▼▼▼

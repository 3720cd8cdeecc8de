// The mints that a region's token actions list.
#![tactic(auto)]

ghost use Rattle.std.specs.Prelude.{◌≡◌};
ghost use Rattle.row.specs.Views.{actions_in};
ghost use Rattle.mints.specs.Views.{listed_mints};

use action::ActionView;
use action::fields::{is_token, key_of};
use keys::Keys;

pub fn listed_mints(region: &[u8], views: &[ActionView]) -> Keys
    ensures { result ≡ listed_mints (actions_in region.now views.now) }
{
    let mut mints = Keys::none();
    for view in views {
        if is_token(view.kind) {
            mints.push(key_of(region, *view));
        }
    }
    mints
}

▲▲▲

Problem description
From the line with "result ≡ listed_mints" to the final line of the listing, write out each line unchanged. Add nothing.

Response to the task
    ensures { result ≡ listed_mints (actions_in region.now views.now) }
{
    let mut mints = Keys::none();
    for view in views {
        if is_token(view.kind) {
            mints.push(key_of(region, *view));
        }
    }
    mints
}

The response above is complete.